Juan Montalvo, retrato humano de un pensador libertario
Quito, 03 de julio de 2023
La vida cotidiana de Juan Montalvo es poco conocida. La mayoría de los estudios enfatiza, como es obvio, en la obra montalvina y su trascendencia literaria, histórica y política. La faz humana del escritor ha sido relegada, a no ser por la excelente contribución brindada por Galo René Pérez, quien publicó una biografía de Montalvo ricamente documentada.
En esta obra auspiciada por el Banco Central, hemos podido descubrir a un Montalvo de carne y hueso. A ese ser misántropo, taciturno, de presencia altiva pero con un dejo de tristeza en su mirada; a ese hombre que luchó y sufrió por sus ideales y su vocación –la de escritor- que, sin embargo, le dio satisfacciones y sinsabores y, paradójicamente, ni un solo centavo para su sustento; a ese ser que vivía endeudado y perseguido por los tiranos; a ese ser enfermo –era reumático- pero que jamás declinó ante la adversidad; a ese ser que amó y no se inmutó ante los decires de la gente; finalmente, a ese ser subyugado por la pluma y que, por su condición de viajero pertinaz –casi siempre estaba con el pie en el estribo-.
Horizonte personal
La vida personal de Montalvo tuvo características muy especiales. Su condición de escritor combativo le significó una serie de penalidades frustraciones. Su ostracismo, la falta de un calor familiar genuino limitó –o definió- su horizonte personal. A esto se añadía su precario estado de salud y la falta de ingresos regulares.

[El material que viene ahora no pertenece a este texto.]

impl Desk {
    fn put_list(&self, booted: bool, out: &mut Out)
        requires { length out.old.text + FEATURE_LIST ≤ out.old.room }
        ensures lines { out.new
            ≡ with out.old
            (reply_lines
            (feature_list (table (record self.now { booted = booted })) self.now.name)) }
        ensures short { length (reply_lines (feature_list
            (table (record self.now { booted = booted })) self.now.name)) ≤ FEATURE_LIST }
    {
        if booted {
            // Read for the proof alone: the list is short.
            let _few = (self.options.text(), self.options.count());
            write_list(&self.options, self.name.text(), out);
        } else {
            write_bare_list(self.name.text(), out);
        }
    }

    pub(crate) fn put_due_list(&self, booted: bool, out: &mut Out)
        requires { length out.old.text + FEATURE_LIST ≤ out.old.room }
        ensures lines { out.new
            ≡ with out.old
            (reply_lines (list_where self.now.due (record self.now { booted = booted }))) }
        ensures short { length (reply_lines (list_where self.now.due
            (record self.now { booted = booted }))) ≤ FEATURE_LIST }
    {
        if self.due.is_due() {
            self.put_list(booted, out);
        }
    }

    fn put_protover(&self, boot: bool, out: &mut Out)
        requires { length out.old.text + FEATURE_LIST ≤ out.old.room }
        ensures lines { out.new ≡ with out.old (reply_lines (protover_row (protover_answer boot)
            self.now)) }
        ensures short { length (reply_lines (protover_row (protover_answer boot) self.now)) ≤
            FEATURE_LIST }
    {
        if boot {
            put_reply(
                &Reply::Feature {
                    name: b"done",
                    value: b"0",
                },
                out,
            );
        } else {
            self.put_list(self.booted, out);
        }
    }

    // Puts the lines of an accepted message that report on the desk before it.
    pub(crate) fn put_before(&self, context: Context, message: &IfaceMsg, out: &mut Out)
        requires sound { DeskInvariant self.now }
        requires room { length out.old.text + FEATURE_LIST ≤ out.old.room }
        ensures lines { out.new
            ≡ with out.old
            (reply_lines (row_before (at context self.now) (message_of message.now))) }
        ensures short { length (reply_lines (row_before (at context self.now)
            (message_of message.now))) ≤ FEATURE_LIST }
    {
        match message {
            IfaceMsg::Protover(_) => self.put_protover(is_boot(context.engine), out),
            IfaceMsg::Draw => put_offer(
                context.settings.handle_draws
                    && plays(self.mode)
                    && !has_ended(self.game.ended())
                    && context.accepts,
                out,
            ),
            IfaceMsg::Hint => put_hint(self.hint, out),
            IfaceMsg::Dot => put_stat(&self.search_info, self.game.now(), out),
            _ => {}
        }
    }

    // Puts the lines of an accepted message that report on the desk after it: the result, if the desk plays.
    pub(crate) fn put_after(&self, message: &IfaceMsg, out: &mut Out)
        requires { length out.old.text + SHORT_REPLY ≤ out.old.room }
        ensures lines { out.new
            ≡ with out.old (reply_lines (row_after self.now (message_of message.now))) }
        ensures short { length (reply_lines (row_after self.now (message_of message.now)))
            ≤ SHORT_REPLY }
    {
        match message {
            IfaceMsg::UserMove(_) | IfaceMsg::Go | IfaceMsg::PlayOther => {
                if plays(self.mode) {
                    put_result_of(&self.game, out);
                }
            }
            _ => {}
        }
    }

    // True if thinking lines of a search are written.
    pub(crate) fn shows_thinking(&self, context: Context, kind: GoKind) -> bool
        ensures { result ≡ shows_thinking (at context self.now) kind }
    {
        match kind {
            GoKind::Analyse => true,
            GoKind::Move => self.post,
            GoKind::Ponder => self.post && context.settings.show_ponder,
        }
    }

    // Writes that the engine ended.
    pub(crate) fn put_end(&self, resigns: bool, settings: Settings, out: &mut Out)
        requires { length out.old.text + ENGINE_END ≤ out.old.room }
        ensures lines { out.new
            ≡ with out.old
            (reply_lines (list_where self.now.due self.now
            ++ (cecp.TellError user_error.Ended
            ∷ given_up_where resigns settings self.now.game))) }
        ensures short { length (reply_lines (list_where self.now.due self.now
            ++ (cecp.TellError user_error.Ended
            ∷ given_up_where resigns settings self.now.game))) ≤ ENGINE_END }
    {
        self.put_due_list(self.booted, out);
        put_short(&Reply::TellError(UserError::Ended), out);
        put_given_up_where(resigns, settings, &self.game, out);
    }
}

Recordemos que Montalvo tuvo un espíritu libertario. Sus escritos lo atestiguan. Se formó en el seminario de San Luis de los jesuitas, y su amor a la lectura le llevó por caminos insospechados. De la retórica y a la filosofía, pasó a los clásicos y luego, por decisión propia, aprendió a formar sus ideas y a expresarlas dentro de una rigurosidad suma. Plutarco y Cicerón definieron temprano su vocación de grandeza.
Estas inclinaciones marcaron para siempre el destino de su vida y obras. Pregonó y practicó la libertad en una época signada por la tradición y las ideas religiosas. A esto se añade, según su biógrafo, que los años de estancia en Paris -su primer viaje- debieron influir en su ética del amor.
Tampoco se podría decir que Montalvo era un libertino o proclive al erotismo desenfrenado. Galo René Pérez expresa que Montalvo era “moderado en los reclamos del sexo”. Incluso, recuerda el biógrafo, el desagrado con que Montalvo comentó las escenas de fornicación y el lenguaje revelador del naturalismo francés. Podríamos decir que Montalvo fue un ser humano, un hombre de su tiempo.
Su primer amor
María Manuela Guzmán, ambateña, de 28 años de edad, fue el primer amor de Montalvo. Él tenía 31 años. Sus amores tuvieron como escenario el idílico ambiente de Ficoa, en los alrededores de Ambato. Sus relaciones amorosas debieron comenzar a fines de 1863. Esto dice de su amada en el folleto No.3 de El Cosmopolita, publicado en mayo de 1866:
“Llegas entonces, y descubro todo ser amor y no más, Adelaida; amor indescifrable, amor sin pago y sin objeto, que sí solo ardía.” “Y me pongo a adorarte al punto mismo, si el cariño al cariño siempre excita; porque mirarme y conturbarte era uno, y mi mano al tocar te estremecía.”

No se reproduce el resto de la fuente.